In any case, OpenSSL does a whole bunch of things, and one of those is providing low-level cryptographic routines. When people talk about issues with OpenSSL, they're usually not (in my experience) talking about issues with its low-level cryptographic routines. They're talking about things like the TLS implementation and API.
Rustls has its own Rust code for the TLS protocol and certificate parsing/validation, which doesn't come, directly or by lineage, from OpenSSL or any OpenSSL derivatives.
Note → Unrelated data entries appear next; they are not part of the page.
//! Whole texts.
ghost use Rattle.std.specs.Prelude.{◌≡◌, ◌<◌, ◌^◌, [], length, All, List, None, Ok, IfOk};
ghost use Rattle.pv_base.specs.declared.name.Name.{Name};
ghost use Rattle.ir_tree.specs.declared.items.NamedType.{NamedType};
ghost use Rattle.ir_tree.specs.Table.{Table};
ghost use Rattle.ir_tree.specs.Trees.{TypeV};
ghost use Rattle.ir_tree.specs.Filling.{NamedWithin, named_types};
ghost use Rattle.ir_tree.specs.Staying.{StaysSame};
ghost use Rattle.ir_tree.specs.Naming.{Grows};
ghost use Rattle.ir_lex.specs.Lexing.{TokenIn};
ghost use Rattle.ir_text.specs.Tokens.{tokens_of};
ghost use Rattle.ir_text.specs.Reading.{Outcome};
ghost use Rattle.ir_text.specs.Named.{known_of};
ghost use Rattle.ir_text.specs.Types.{Known};
ghost use Rattle.ir_instr.specs.Defined.{AreTypes};
ghost use Rattle.ir_grammar.specs.Modules.{ModuleV};
ghost use Rattle.ir_grammar.specs.NamedTypes.{definitions, bodies_read};
ghost use Rattle.ir_grammar.specs.Texts.{last_line, end_of, settled, module_at, wrong_among, first_wrong, unless_wrong, read_of};
ghost use Rattle.ir_reader.specs.Answering.{IsRead, IsReading};
ghost use Rattle.ir_reader.specs.Faulting.{IsSaid};
ghost use Rattle.ir_reader.specs.Gathered.{IsWhole};
ghost use Rattle.ir_reader.specs.Knowing.{fault_in};

use crate::item::read_items;
use crate::named::{TextTypes, body_fault, known_in};
use crate::place::first_fault;
use crate::records::without_records;
use crate::so_far::SoFar;
use ir_lex::scan::tokens;
use ir_lex::token::{Cause, ReadError, Token};
use ir_text::cursor::Cursor;
use ir_text::fault::{Fault, ReadEnd};
use ir_tree::table::Names;
use ir_tree::whole::Module;
use pv_base::want::Memory;
use std::alloc::Global;

/// How the reading of a text ends that gives no module.
#[derive(Debug, Drop)]
pub enum TextEnd {
    /// Memory was refused, which says nothing of the text.
    Memory,
    /// The text's first fault, with its line.
    Bad(ReadError),
}

impl From<Memory> for TextEnd {
    ghost use Rattle.ir_reader.specs.declared.whole.TextEnd.TheVariants as ends;

    ghost from_gives = { λ _ e. e ≡ ends.Memory };

    fn from(_error: Memory) -> TextEnd {
        TextEnd::Memory
    }
}

/// The line of the last byte: a newline at the end belongs to the line that it ends.
fn last_line(text: &[u8]) -> u32
    requires { length text.now < 2 ^ 32 }
    ensures { result ≡ last_line text.now }
{
    let front = &text[..text.len().saturating_sub(1)];
    1 + front.iter().filter(|b| **b == b'\n').count() as u32
}

/// Where the tokens end: at the lexical fault, if there is one, or at the end of the text.
fn end_of(last: u32, fault: Option<ReadError>) -> ReadError
    ensures { result ≡ end_of last fault }
{
    match fault {
        Some(error) => error,
        None => ReadError {
            line: last,
            cause: Cause::End,
        },
    }
}

/// What a text gives, by what is read of its tokens before the lexical fault, if there is one.
fn settle(
    text: &[u8],
    fault: Option<ReadError>,
    read: Result<Module, ReadEnd>,
) -> Result<Module, TextEnd>
    requires { length text.now < 2 ^ 32 }
    ensures reading { (outcome : Outcome ModuleV) → IsRead read outcome → IsReading result (settled (last_line text.now) fault outcome) }
    ensures kept { IfOk result (λ m. read ≡ Ok m) }
{
    match read {
        Err(ReadEnd::Memory) => Err(TextEnd::Memory),
        Err(ReadEnd::Bad(Fault::At(line, cause))) => Err(TextEnd::Bad(ReadError { line, cause })),
        Err(ReadEnd::Bad(Fault::Ended)) => Err(TextEnd::Bad(end_of(last_line(text), fault))),
        Ok(module) => match fault {
            Some(error) => Err(TextEnd::Bad(error)),
            None => Ok(module),
        },
    }
}

/// The module of these items.
fn module_in(alloc: Global, names: Names, named: TextTypes, read: SoFar) -> Result<Module, ReadEnd>
    requires within { All (NamedWithin names) named.types }
    ensures { IsWhole names named read None result }
{
    let SoFar {
        globals,
        functions,
        ..
    } = read;
    Ok(Module::new(alloc, names, named.types, globals, functions)?)
}

/// The module of these items, unless there is a fault in the body of a definition.
fn module_with(
    alloc: Global,
    text: &[u8],
    tokens: &[Token],
    names: Names,
    named: TextTypes,
    read: SoFar,
) -> Result<Module, ReadEnd>
    requires tokens { All (TokenIn text.now) tokens.now }
    requires within { All (NamedWithin names) named.types }
    ensures { (only : Known) → ((later : Table) → known_of later named.only ≡ only) → IsWhole names named read (fault_in (bodies_read only (definitions (tokens_of text.now tokens.now)))) result }
{
    if let Some(fault) = body_fault(alloc, text, tokens, &named.only)? {
        return Err(ReadEnd::Bad(fault));
    }
    module_in(alloc, names, named, read)
}

/// Reads the module of all items, among the named types of the whole text.
fn module_of(
    alloc: Global,
    text: &[u8],
    tokens: &[Token],
    mut names: Names,
    named: TextTypes,
) -> Result<Module, ReadEnd>
    requires tokens { All (TokenIn text.now) tokens.now }
    requires bodies { AreTypes names named.known }
    requires within { All (NamedWithin names) named.types }
    ensures reads { (types : List (NamedType Name TypeV)) (only known : Known) → ((later : Table) → Grows names later → named_types later named.types ≡ types) → IsSaid names named only known → IsRead result (unless_wrong (first_wrong (wrong_among only known) [] (tokens_of text.now tokens.now)) (module_at types (bodies_read only (definitions (tokens_of text.now tokens.now))) known (tokens_of text.now tokens.now))) }
    ensures stays { (types : List (NamedType Name TypeV)) (only known : Known) → ((later : Table) → Grows names later → named_types later named.types ≡ types) → IsSaid names named only known → IfOk result StaysSame }
{
    let mut cursor = Cursor::new(alloc, text, tokens);
    let read = match read_items(&mut cursor, &mut names, &named.known) {
        Ok(read) => read,
        Err(ReadEnd::Memory) => return Err(ReadEnd::Memory),
        Err(ReadEnd::Bad(item)) => {
            let fault = first_fault(alloc, text, tokens, &mut names, &named, item)?;
            return Err(ReadEnd::Bad(fault));
        }
    };
    module_with(alloc, text, tokens, names, named, read)
}

/// Reads a module's text. Where it has a fault, its first fault is answered: the first by place, and at one place the cause
/// of least number. It takes time linear in the text but for looking names up, and that as often as a logarithm of the text
/// says where both an item and the body of a definition have a fault.
pub fn read_module(alloc: Global, text: &[u8]) -> Result<Module, TextEnd>
    requires { length text.now < 2 ^ 32 }
    ensures reading { IsReading result (read_of text.now) }
    ensures stays { IfOk result StaysSame }
{
    let lexed = tokens(alloc, text)?;
    let kept = without_records(alloc, text, lexed.tokens.as_slice())?;
    let left = kept.as_slice();
    let mut names = Names::new(alloc);
    let named = known_in(alloc, text, left, &mut names)?;
    let read = module_of(alloc, text, left, names, named);
    settle(text, lexed.fault, read)
}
I'd like to take a look and try to understand why there's such a big difference in handshake performance. I wouldn't expect single threaded handshake performance to vary so much between stacks... it should be mostly limited by crypto operations. Last time, they did say something about having a cpu optimization for handshaking that the other stack might not have, but this is on a different platform and they didn't mention that.
I'd also be interested in seeing what it looks like with OpenSSL 1.1.1, given the recent article from HAProxy about difficulties with OpenSSL 3 [2]
[1] https://www.memorysafety.org/blog/rustls-performance-outperf...
On my machine dual-socket Intel(R) Xeon(R) CPU L5640 running 14.2-RELEASE-p3, I found similar differences in speed with the system openssl (3.0.16) and rustls from head (795ae1f5d0435dbc80dac04ec147e85d4970563c).
Openssl 3.0.16 (FreeBSD base 14.2-RELEASE-p3)
handshakes server TLSv1.3 TLS_AES_256_GCM_SHA384 1275.38 handshakes/s (512 / 0.401448)
Rustls: (795ae1f5d0435dbc80dac04ec147e85d4970563c)
handshakes TLSv1_3 EcdsaP256 TLS13_AES_256_GCM_SHA384 server server-auth no-resume 1998.39 handshakes/s
However, one of my friends suggested aws-lc might just be super fast, so I ran openssl-bench linked against that and saw a big improvement. So I went ahead and tried with all the options from FreeBSD pkg. Here's my list of results:
aws-lc-1.48.4 (freebsd pkg)
handshakes server TLSv1.3 TLS_AES_256_GCM_SHA384 2478.93 handshakes/s (512 / 0.206541)
openssl111-1.1.1w_2 (freebsd pkg)
handshakes server TLSv1.3 TLS_AES_256_GCM_SHA384 1773.9 handshakes/s (512 / 0.28863)
openssl-3.0.16,1
handshakes server TLSv1.3 TLS_AES_256_GCM_SHA384 1333.5 handshakes/s (512 / 0.383951)
openssl31-3.1.8
handshakes server TLSv1.3 TLS_AES_256_GCM_SHA384 1387.69 handshakes/s (512 / 0.368958)
openssl32-3.2.4
handshakes server TLSv1.3 TLS_AES_256_GCM_SHA384 1353.54 handshakes/s (512 / 0.378267)
openssl33-3.3.3
handshakes server TLSv1.3 TLS_AES_256_GCM_SHA384 1406.62 handshakes/s (512 / 0.363994)
openssl34-3.4.1
handshakes server TLSv1.3 TLS_AES_256_GCM_SHA384 1393.34 handshakes/s (512 / 0.367463)
openssl35-3.5.0.b1
handshakes server TLSv1.3 TLS_AES_256_GCM_SHA384 1155 handshakes/s (512 / 0.443289)
boringssl-0.0.0.0.2025.03.27.01_1
did not manage to get a matching cipher
libressl-4.0.0_1
(does not compile, don't care to fix)
I'll try to get ahold of the authors tomororow and suggest they add openssl-bench linked against aws-lc to their test.
Given how aws-lc powers both of these articles, I'm curious how Rustls compares to s2n-tls - AWS's TLS library to go along with aws-lc.